I am currently reading through various Monero whitepapers and trying to understand if it can be applied to the DAG cryptocurrency, like Nano. It seems to me that the answer is "mostly yes". I would like to ask the community a few questions:
(1) As far as I understand, no such major changes are planned in the main protocol (which is great, because Nano is supposed to be lightweight, and this thing would definitely be a bit slower). Is the community OK with the fork? If I would want to peg the private version of Nano to the original 1:1, is it possible to make a gate operating via consensus of original Nano nodes (it would require a small change to the protocol, but less drastic and would not slow down the original network)? //such "gates" could be used for various L2 solutions for Nano, playgrounds adding new possible functionality?
(2) Do you think it is could be a good addition to the Nano ecosystem?
I could sketch the idea of implementation, if any1 is interested.
More info here:
Well, Monero's technology translates to Nano's DAG almost seemlessly.
(1) If you want to mask the balances and transaction amounts, the solution (keeping balances masked in the form private_maskG + balanceH in ed25519 group) already works. The separation of SEND and RECEIVE transactions can be kept intact, along with the core idea that only balance owner can change the balance via signature. The one-time mask of the transaction needs to be published globally in the ledger encoded with receiver's public key, and can be pruned after the transaction is received.
(2) ORV voting it seems can be made anonymous via multilayered ring signatures ( https://eprint.iacr.org/2015/1098.pdf ). Changing representatives would not spoil the balance to the network.
(3) In case one wants to implement anonymous senders, there is a bit of an issue - Monero solves this by sending transaction from "multiple senders", and that would require the fake senders to be online (because of Nano's core idea that only you can change your own balance). Multiple receiveres is also bad if the fake receivers will not take SEND for a long time. I am not sure what is a great workaround, but good one would be requiring any account wanting to participate in this system to submit a small number of "fake transactions" (0-valued transactions) to other addresses in this system, weighted statistically by the activity of the accounts, it would significantly obfuscate the sender and receiver.
Take this with a grain of salt: I'm not a programmer, just a mathematician.
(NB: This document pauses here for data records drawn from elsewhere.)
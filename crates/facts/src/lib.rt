// The ordinary facts of a rule's body against their premises, from proof_checker.rs.
#![tactic(auto)]

ghost use Rattle.std.specs.Prelude.{◌≡◌, List, ◌+◌, ◌<◌, eqb, length, take};
ghost use Rattle.index.specs.Loans.{SameLoans};
ghost use Rattle.std.proofs.Math.Option.{none, some};
ghost use Rattle.model.specs.Layout.{sizes_of};
ghost use Rattle.model.specs.Term.{Term};
ghost use Rattle.model.specs.Program.{Expr, equal, bare};
ghost use Rattle.model.specs.Decode.{arguments_by};
ghost use Rattle.model.specs.Evaluate.{eval_fact_exprs};
ghost use Rattle.model.specs.Fact as model;
ghost use Rattle.decode.specs.View.{proposition_of};
ghost use Rattle.termdag.specs.Store.{terms_of, IndexedIn, room_in};
ghost use Rattle.memo.specs.Memo.{Past};
ghost use Rattle.outcome.specs.Does.{outcome_of};
ghost use Rattle.program.specs.Ready.{Ready, program_for, option_of};
ghost use Rattle.lookups.specs.Keyed.{Keyed};
ghost use Rattle.program.specs.Read.{expr_for, arguments_for, fact_for};
ghost use Rattle.evaluate.specs.Value.{bindings_under};
ghost use Rattle.evaluate.specs.Evaluation.{ChecksIn};
ghost use Rattle.facts.specs.Call.{function_fact_of};

use cells::wide;
use decode::{Fact, Head, Proposition};
use evaluate::{Scope, evaluate};
use index::{Fill, Store};
use normal_form::variable_of;
use outcome::{Checked, Refusal, add_app, pass};
use program::read::{arguments_at, fact_at, head_at};

// What a fact asks its premise to prove.
#[derive(Clone, Copy)]
pub struct Asked {
    pub refusal: Refusal,
    pub pair: Proposition,
    pub fill: Fill,
}

// A custom call = variable: the function and the variable.
#[derive(Clone, Copy)]
pub struct FunctionFact {
    pub function: u32,
    pub variable: u32,
}

// The function that expression e calls, if it is a custom call.
fn custom_of(job: &[u32], e: u32) -> Option<u32>
    requires ready { Ready job.now }
    requires e_bound { e < (sizes_of job.now).expressions }
    ensures { option_of result ≡ model.custom_of (model.head_of (expr_for job.now e)) }
{
    let head = head_at(job, wide(e));
    match head {
        Head::Lit(_) => None,
        Head::Var(_) => None,
        Head::Constructor(_) => None,
        Head::Custom(f) => Some(f),
        Head::Primitive(_) => None,
    }
}

// The values of the arguments of expression e in an ordinary fact, written into `values`. They share one round: what two of them have in common is evaluated once.
fn evaluate_arguments(
    scope: &Scope<'_>,
    store: &mut Store<'_>,
    fill: Fill,
    memo: &mut [u32],
    e: u32,
    values: &mut [u32],
) -> Checked
    requires ready { Ready scope.now.job.now }
    requires keyed { Keyed scope.now.job.now scope.now.found.now }
    requires indexed { IndexedIn store.old fill }
    requires job_in_bounds { (sizes_of scope.now.job.now).expressions + (sizes_of scope.now.job.now).expressions < length memo.old }
    requires past { Past memo.old }
    requires e_bound { e < (sizes_of scope.now.job.now).expressions }
    requires in_bounds { 16 < length values.old }
    ensures does { ChecksIn store.old fill store.new result.fill result.refusal (take (length (arguments_for scope.now.job.now e)) values.new) memo.new (eval_fact_exprs (room_in store.old) (program_for scope.now.job.now) scope.now.rule (bindings_under scope.now) (arguments_by (expr_for scope.now.job.now) (arguments_for scope.now.job.now e)) (terms_of store.old fill)) }
    ensures loans { SameLoans store.old store.new }
{
    let args = arguments_at(scope.job, wide(e));
    memo::new_round(memo);
    let mut have = fill;
    for (i, &argument) in args.iter().enumerate() {
        let r = evaluate::eval(scope, true, store, have, memo, argument);
        if r.refusal.number != 0 {
            return r;
        }
        values[i] = r.value;
        have = r.fill;
    }
    pass(0, have)
}

// What is asked for, after a check.
fn asks(c: Checked, lhs: u32, rhs: u32) -> Asked
    ensures { result ≡ record { refusal = c.refusal; pair = record { lhs = lhs; rhs = rhs }; fill = c.fill } }
{
    let refusal = c.refusal;
    let fill = c.fill;
    Asked {
        refusal,
        pair: Proposition { lhs, rhs },
        fill,
    }
}

// What a function fact asks for: the call, the variable's value appended, equal to itself.
fn wanted_call(
    scope: &Scope<'_>,
    store: &mut Store<'_>,
    fill: Fill,
    memo: &mut [u32],
    e: u32,
    function: u32,
    variable: u32,
) -> Asked
    requires ready { Ready scope.now.job.now }
    requires keyed { Keyed scope.now.job.now scope.now.found.now }
    requires indexed { IndexedIn store.old fill }
    requires job_in_bounds { (sizes_of scope.now.job.now).expressions + (sizes_of scope.now.job.now).expressions < length memo.old }
    requires past { Past memo.old }
    requires e_bound { e < (sizes_of scope.now.job.now).expressions }
    ensures does { (right : Expr) → ChecksIn store.old fill store.new result.fill result.refusal (proposition_of result.pair) memo.new (model.wanted_equality (room_in store.old) (program_for scope.now.job.now) scope.now.rule (bindings_under scope.now) (expr_for scope.now.job.now e) right (some (record { function = function; variable = variable })) (terms_of store.old fill)) }
    ensures loans { SameLoans store.old store.new }
{
    let v = evaluate::variable(
        scope.bound,
        scope.pairs,
        scope.globals,
        scope.rule,
        variable,
        fill,
    );
    if v.refusal.number != 0 {
        return asks(v, 0, 0);
    }
    let mut values = [0u32; 17];
    let r = evaluate_arguments(scope, store, fill, memo, e, &mut values);
    if r.refusal.number != 0 {
        return asks(r, 0, 0);
    }
    let count = arguments_at(scope.job, wide(e)).len();
    values[count] = v.value;
    let end = count + 1;
    let t = add_app(store, r.fill, function, &values[..end]);
    asks(t, t.value, t.value)
}

// What an equality asks for that is no function fact: the values of its sides, which share one round.
fn wanted_values(
    scope: &Scope<'_>,
    store: &mut Store<'_>,
    fill: Fill,
    memo: &mut [u32],
    left: u32,
    right: u32,
) -> Asked
    requires ready { Ready scope.now.job.now }
    requires keyed { Keyed scope.now.job.now scope.now.found.now }
    requires indexed { IndexedIn store.old fill }
    requires job_in_bounds { (sizes_of scope.now.job.now).expressions + (sizes_of scope.now.job.now).expressions < length memo.old }
    requires past { Past memo.old }
    requires left_bound { left < (sizes_of scope.now.job.now).expressions }
    requires right_bound { right < (sizes_of scope.now.job.now).expressions }
    ensures does { ChecksIn store.old fill store.new result.fill result.refusal (proposition_of result.pair) memo.new (model.wanted_equality (room_in store.old) (program_for scope.now.job.now) scope.now.rule (bindings_under scope.now) (expr_for scope.now.job.now left) (expr_for scope.now.job.now right) none (terms_of store.old fill)) }
    ensures loans { SameLoans store.old store.new }
{
    memo::new_round(memo);
    let a = evaluate::eval(scope, true, store, fill, memo, left);
    if a.refusal.number != 0 {
        return asks(a, 0, 0);
    }
    let b = evaluate::eval(scope, true, store, a.fill, memo, right);
    asks(b, a.value, b.value)
}

// What a bare fact asks for: its value, equal to itself.
fn wanted_bare(
    scope: &Scope<'_>,
    store: &mut Store<'_>,
    fill: Fill,
    memo: &mut [u32],
    i: u32,
    e: u32,
) -> Asked
    requires ready { Ready scope.now.job.now }
    requires keyed { Keyed scope.now.job.now scope.now.found.now }
    requires indexed { IndexedIn store.old fill }
    requires job_in_bounds { (sizes_of scope.now.job.now).expressions + (sizes_of scope.now.job.now).expressions < length memo.old }
    requires past { Past memo.old }
    requires e_bound { e < (sizes_of scope.now.job.now).expressions }
    ensures does { ChecksIn store.old fill store.new result.fill result.refusal (proposition_of result.pair) memo.new (model.wanted (room_in store.old) (program_for scope.now.job.now) scope.now.rule (bindings_under scope.now) (bare i (expr_for scope.now.job.now e)) (terms_of store.old fill)) }
    ensures loans { SameLoans store.old store.new }
{
    let t = evaluate(scope, true, store, fill, memo, e);
    asks(t, t.value, t.value)
}

// The function fact that an equality is, if it is one.
fn function_fact(job: &[u32], left: u32, right: u32) -> Option<FunctionFact>
    requires ready { Ready job.now }
    requires left_bound { left < (sizes_of job.now).expressions }
    requires right_bound { right < (sizes_of job.now).expressions }
    ensures { function_fact_of result ≡ model.function_fact (expr_for job.now left) (expr_for job.now right) }
{
    let custom = custom_of(job, left);
    let Some(f) = custom else {
        return None;
    };
    let variable = variable_of(job, right);
    match variable {
        Some(x) => Some(FunctionFact {
            function: f,
            variable: x,
        }),
        None => None,
    }
}

// What an equality asks its premise to prove.
fn wanted_equality(
    scope: &Scope<'_>,
    store: &mut Store<'_>,
    fill: Fill,
    memo: &mut [u32],
    i: u32,
    left: u32,
    right: u32,
) -> Asked
    requires ready { Ready scope.now.job.now }
    requires keyed { Keyed scope.now.job.now scope.now.found.now }
    requires indexed { IndexedIn store.old fill }
    requires job_in_bounds { (sizes_of scope.now.job.now).expressions + (sizes_of scope.now.job.now).expressions < length memo.old }
    requires past { Past memo.old }
    requires left_bound { left < (sizes_of scope.now.job.now).expressions }
    requires right_bound { right < (sizes_of scope.now.job.now).expressions }
    ensures does { ChecksIn store.old fill store.new result.fill result.refusal (proposition_of result.pair) memo.new (model.wanted (room_in store.old) (program_for scope.now.job.now) scope.now.rule (bindings_under scope.now) (equal i (expr_for scope.now.job.now left) (expr_for scope.now.job.now right)) (terms_of store.old fill)) }
    ensures loans { SameLoans store.old store.new }
{
    let call = function_fact(scope.job, left, right);
    match call {
        Some(f) => wanted_call(scope, store, fill, memo, left, f.function, f.variable),
        None => wanted_values(scope, store, fill, memo, left, right),
    }
}

// What an ordinary fact asks its premise to prove.
fn wanted(scope: &Scope<'_>, store: &mut Store<'_>, fill: Fill, memo: &mut [u32], i: u32) -> Asked
    requires ready { Ready scope.now.job.now }
    requires keyed { Keyed scope.now.job.now scope.now.found.now }
    requires indexed { IndexedIn store.old fill }
    requires job_in_bounds { (sizes_of scope.now.job.now).expressions + (sizes_of scope.now.job.now).expressions < length memo.old }
    requires past { Past memo.old }
    requires i_bound { i < (sizes_of scope.now.job.now).facts }
    ensures does { ChecksIn store.old fill store.new result.fill result.refusal (proposition_of result.pair) memo.new (model.wanted (room_in store.old) (program_for scope.now.job.now) scope.now.rule (bindings_under scope.now) (fact_for scope.now.job.now i) (terms_of store.old fill)) }
    ensures loans { SameLoans store.old store.new }
{
    let fact = fact_at(scope.job, wide(i));
    match fact {
        Fact::Equal(l, r) => wanted_equality(scope, store, fill, memo, i, l, r),
        Fact::Bare(e) => wanted_bare(scope, store, fill, memo, i, e),
    }
}

// The premise's pair q is what the equality asks for, w.
fn equality_matches(
    job: &[u32],
    rule: u32,
    i: u32,
    left: u32,
    right: u32,
    w: Proposition,
    q: Proposition,
) -> Refusal
    requires ready { Ready job.now }
    requires left_bound { left < (sizes_of job.now).expressions }
    requires right_bound { right < (sizes_of job.now).expressions }
    ensures { (s : List Term) → outcome_of result tt s ≡ model.matches rule (equal i (expr_for job.now left) (expr_for job.now right)) (proposition_of w) (proposition_of q) s }
{
    let call = function_fact(job, left, right);
    if (q.lhs == w.lhs) & (q.rhs == w.rhs) {
        return Refusal::NONE;
    }
    match call {
        Some(_) => Refusal {
            number: 28,
            count: 4,
            fields: [rule, w.lhs, q.lhs, q.rhs, 0, 0],
        },
        None => Refusal {
            number: 29,
            count: 6,
            fields: [rule, i, w.lhs, w.rhs, q.lhs, q.rhs],
        },
    }
}

// What a bare fact compares: the right sides alone.
fn same_right(w: Proposition, q: Proposition) -> bool
    ensures { result ≡ eqb q.rhs w.rhs }
{
    q.rhs == w.rhs
}

// The premise's pair q is what a bare fact asks for, w.
fn bare_matches(rule: u32, i: u32, w: Proposition, q: Proposition) -> Refusal
    ensures { (e : Expr) (s : List Term) → outcome_of result tt s ≡ model.matches rule (bare i e) (proposition_of w) (proposition_of q) s }
{
    if same_right(w, q) {
        return Refusal::NONE;
    }
    Refusal {
        number: 30,
        count: 4,
        fields: [rule, i, q.rhs, w.rhs, 0, 0],
    }
}

// The premise's pair q is what the fact asks for, w.
fn matches(job: &[u32], rule: u32, i: u32, w: Proposition, q: Proposition) -> Refusal
    requires ready { Ready job.now }
    requires i_bound { i < (sizes_of job.now).facts }
    ensures { (s : List Term) → outcome_of result tt s ≡ model.matches rule (fact_for job.now i) (proposition_of w) (proposition_of q) s }
{
    let fact = fact_at(job, wide(i));
    match fact {
        Fact::Equal(l, r) => equality_matches(job, rule, i, l, r, w, q),
        Fact::Bare(_) => bare_matches(rule, i, w, q),
    }
}

// `check_fact_matches_proposition`
pub fn check_fact_matches_proposition(
    scope: &Scope<'_>,
    store: &mut Store<'_>,
    fill: Fill,
    memo: &mut [u32],
    i: u32,
    q: Proposition,
) -> Checked
    requires ready { Ready scope.now.job.now }
    requires keyed { Keyed scope.now.job.now scope.now.found.now }
    requires indexed { IndexedIn store.old fill }
    requires job_in_bounds { (sizes_of scope.now.job.now).expressions + (sizes_of scope.now.job.now).expressions < length memo.old }
    requires past { Past memo.old }
    requires i_bound { i < (sizes_of scope.now.job.now).facts }
    ensures does { ChecksIn store.old fill store.new result.fill result.refusal tt memo.new (model.check_fact_matches_proposition (room_in store.old) (program_for scope.now.job.now) scope.now.rule (bindings_under scope.now) (fact_for scope.now.job.now i) (proposition_of q) (terms_of store.old fill)) }
    ensures loans { SameLoans store.old store.new }
{
    let w = wanted(scope, store, fill, memo, i);
    let first = w.refusal;
    let have = w.fill;
    if first.number != 0 {
        return Checked {
            refusal: first,
            value: 0,
            fill: have,
        };
    }
    let refusal = matches(scope.job, scope.rule, i, w.pair, q);
    Checked {
        refusal,
        value: 0,
        fill: have,
    }
}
There might be some scalability issue or something that I'm just blatantly not seeing.
Well, the protocol would need the following change: there is a special address which keeps Nano "locked". It can not spend any Nano normally, and transactions from it is sent to the address nano_example in case (parallel blockchain lookup) there is an unmasked transaction from the address xnano_example. Symmetric rule would be made for xnano protocol (and they would use identical address system). It is a very lightweight solution, and such change would also allow adding any amount of features in this "enhanced nano" playground. Moreover, in case developers of this enhanced protocol mess anything up, people would only risk locked nano, not everything.
Basically, one and only one specific smart contract which is the gate to the parallel blockchain.
It is more of a tangential issue to the privacy, I believe it is more of a coherent way of adding features without compromising the efficiency of the mainnet.
Another way would be some kind of multisig, but then funds could be stolen if the securing nodes collaborate, and that kind of sucks.
Because this looks like an interesting addition to the network (with possibilities way beyond optional privacy I figured sparking a discussion here about it could be worth it.
The changes seem to be small enough and problems would be isolated.